# komisches Tray-Icon



## Frezl (13. März 2011)

Hey allerseits,

ich habe auf meinem Laptop Win XP SP3 laufen. Seit geraumer Zeit braucht er nach dem Einloggen ewig (mind. 2 Min.) bis er ansprechbar ist und zeigt dabei ständige Festplatten-Aktivität an. Aber was mir am meisten Sorgen macht, ist dieses merkwürdige System-Tray-Icon, was währenddessen auftaucht. Es ist das kleine schwarze Dreieck oben links im Tray. Leider kann ich nicht draufklicken oder im Task Manager nachschauen, zu welchem Prozess das Tray gehört, weil der Rechner während dieser Zeit auf nichts reagiert.

Kennt jemand dieses Icon und weiß, zu welchem Programm es gehört?
Muss ich mir Sorgen machen?

Viele Grüße,
Frezl


----------



## ComFreek (13. März 2011)

Ich kenne es zwar glaube ich nicht, aber guck doch mal was denn alles im Autostart ist.


----------



## michaelwengert (14. März 2011)

ISt dieses Dreieck nicht normalerweise nur das Symbol von Windows das anzeigt, dass ausgeblendete Tray Icons vorhanden sind?


----------



## ComFreek (14. März 2011)

Ja das dachte auch zu erst, aber ich glaube (habe kein XP und bei Google Bilder konnte ich auch nichts finden) das sieht ein bisschen anders aus.


----------



## Frezl (14. März 2011)

Das Einblend-Icon sieht definitiv anders aus. Es ist außerdem mittig auf der Linie zwischen Tray und Task-Leiste.
Den Autostart hab ich mir schon öfter angeschaut und nichts verdächtiger feststellen können. Ich lad euch mal ne Liste zur Analyse hoch, sobald ich wieder an meinem PC bin.

Grüße,
Frezl


----------



## Nico Graichen (14. März 2011)

Interessanter wäre eher die aktuelle Prozessliste. Versuch alle dir bekannte Prozess zu beenden, um die Liste zu minimieren


----------



## michaelwengert (15. März 2011)

Stimmt...das sieht so aus http://technet.microsoft.com/en-us/library/Bb457050.usbl0101_big(l=en-us).gif
Hab schon lange kein XP mehr.

lad dir mal HijackThis runter und lass auf der Seite gleich die LogFile auswerten http://www.hijackthis.de/de


----------



## Slizzzer (15. März 2011)

Nicht nur den Autostartordner durchsehen, sondern auch mal start>ausführen>msconfig starten und da gucken, was da so beim Systemstart alles hochgefahren wird. Unter anderem tummeln sich da viele sinnlose Dinge, wie der Acrobat Reader, Winampagent und ähnlicher Krempel, der nur Arbeitsspeicher und Bootzeit kostet.


----------



## tombe (15. März 2011)

Schau dir mal diesen Beitrag an.

Da ist genau dieses Dreieck zu sehen und es liegt wohl an AntiVir der Probleme hat den Schirm aufzuklappen.

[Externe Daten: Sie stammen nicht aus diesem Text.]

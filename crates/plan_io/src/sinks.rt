//! Sinks: where text goes.
ghost use Rattle.std.specs.Prelude.{
  ◌≡◌,
  ℕ,
  ◌≤◌,
  ◌<◌,
  Option,
  List,
  [],
  length,
  take,
  IfOk,
  OnOk,
  IfErr,
  OnErr,
};
ghost use Rattle.std.specs.Io.KnownBytes.{append_known};
ghost use Rattle.plan_io.specs.Counts.{Rose};

use thiserror::Error;

/// Why a sink took nothing.
#[derive(Clone, Copy, Debug, PartialEq, Eq, Error)]
pub enum PutErr {
    /// The device failed, or took nothing of a piece that is not empty.
    #[error("the text cannot be written")]
    Failed,
}

/// A place that takes text, piece by piece.
///
/// Its contract speaks of two meanings. `written` is the list of all bytes that the sink took, in
/// their order, or nothing where the sink does not tell. `faults` counts the times that the device
/// failed. A sink that keeps the count in 64 bits leaves it at its last value; that the count rose
/// is therefore said also of a count that stands there.
///
/// To those who write a sink: count your refusals, and nothing else. A put that takes what it says
/// leaves the count as it was; so does no put that tried again after a failure.
pub trait Sink {
    ghost written: { Self → Option (List ℕ) };

    ghost faults: { Self → ℕ };

    /// Takes some bytes of the front of `piece`, and says how many.
    fn put(&mut self, piece: &[u8]) -> Result<usize, PutErr>
        // What is taken: a front of the piece, not empty unless the piece is.
        ensures taken { IfOk result
            (λ n. written self.new ≡ append_known (written self.old) (take n piece.now)) }
        ensures within { IfOk result (λ n. n ≤ length piece.now) }
        ensures progress { IfOk result (λ n. 0 < length piece.now → 0 < n) }

        // A refusal comes of a fault, and nothing was taken; what was taken had no fault.
        ensures failed { OnErr result (Rose (faults self.old) (faults self.new)) }
        ensures quiet { OnOk result (faults self.new ≡ faults self.old) }
        ensures unwritten { OnErr result (written self.new ≡ written self.old) }

        // The count never falls.
        ensures later { faults self.old ≤ faults self.new };
}

/// A text was cut off by a fault of its sink, which took exactly the first `taken` bytes.
#[derive(Clone, Copy, Debug, PartialEq, Eq)]
pub struct Stopped {
    /// How many bytes of the text the sink took, fewer than all.
    pub taken: usize,
}

/// Writes all of `bytes` to the sink, piece by piece. It takes no memory, and an empty text makes
/// no put.
pub fn put_all<O: Sink>(sink: &mut O, bytes: &[u8]) -> Result<(), Stopped>
    // What is written: the whole text, or the front that was taken before the fault.
    ensures whole { OnOk result (O.written sink.new ≡ append_known (O.written sink.old) bytes.now) }
    ensures front { IfErr result
        (λ stop. O.written sink.new
        ≡ append_known (O.written sink.old) (take stop.taken bytes.now)) }
    ensures cut { IfErr result (λ stop. stop.taken < length bytes.now) }

    // It stops by the first fault of the sink, and only so. The count never falls.
    ensures cause { OnErr result (Rose (O.faults sink.old) (O.faults sink.new)) }
    ensures quiet { OnOk result (O.faults sink.new ≡ O.faults sink.old) }
    ensures later { O.faults sink.old ≤ O.faults sink.new }

    // An empty text leaves the sink alone.
    ensures empty { bytes.now ≡ [] → sink.new ≡ sink.old }
{
    let mut taken = 0;
    while taken < bytes.len() {
        match sink.put(&bytes[taken..]) {
            Ok(count) => taken += count,
            Err(PutErr::Failed) => return Err(Stopped { taken }),
        }
    }
    Ok(())
}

Die Frage ist jetzt allerdings hast du bei dir AntiVir installiert?
In diesem Fall könnte es auch der Grund für die Festplattenzugriffe sein, nämlich dann wenn beim Starten von Windows gleich die Platte gescannt wird.


----------



## Frezl (15. März 2011)

@Tombe:

Vielen Dank für den Tipp! Ich hab tatsächlich AntiVir installiert (sieht man am Symbol direkt daneben) und es hat beim Start auch schwierigkeiten, den Schirm aufzuklappen. Ich hab mir schon überlegt, ob die beiden Symbole im Zusammenhang stehen könnten, da der Schirm immer offen ist, nachdem das Dreieck verschwunden ist. Aber da es in den früheren Versionen von AntiVir nie aufgetaucht ist, hab ich den Gedanken wieder verworfen...

Ich habe AntiVir in der Standard-Konfiguration laufen. Dabei ist u. a. auch eingestellt, dass die Masterbootsektoren, Bootsektoren und die Registry durchsucht werden. Es wäre wahrscheinlich nicht sinnvoll, diese Optionen zu deaktivieren. Hilft es stattdessen, die Sektoren zu defragmentieren?

Grüße,
Frezl


----------



## tombe (16. März 2011)

Ich müßte mal schauen wie ich ihn bei mir eingestellt habe (habe ihn auch auf a) meinem Laptop, b) XP und c) SP 3. Da passt ja alles).

Wobei unabhängig von den Einstellungen das Defragmentieren eigentlich nie schaden kann.


----------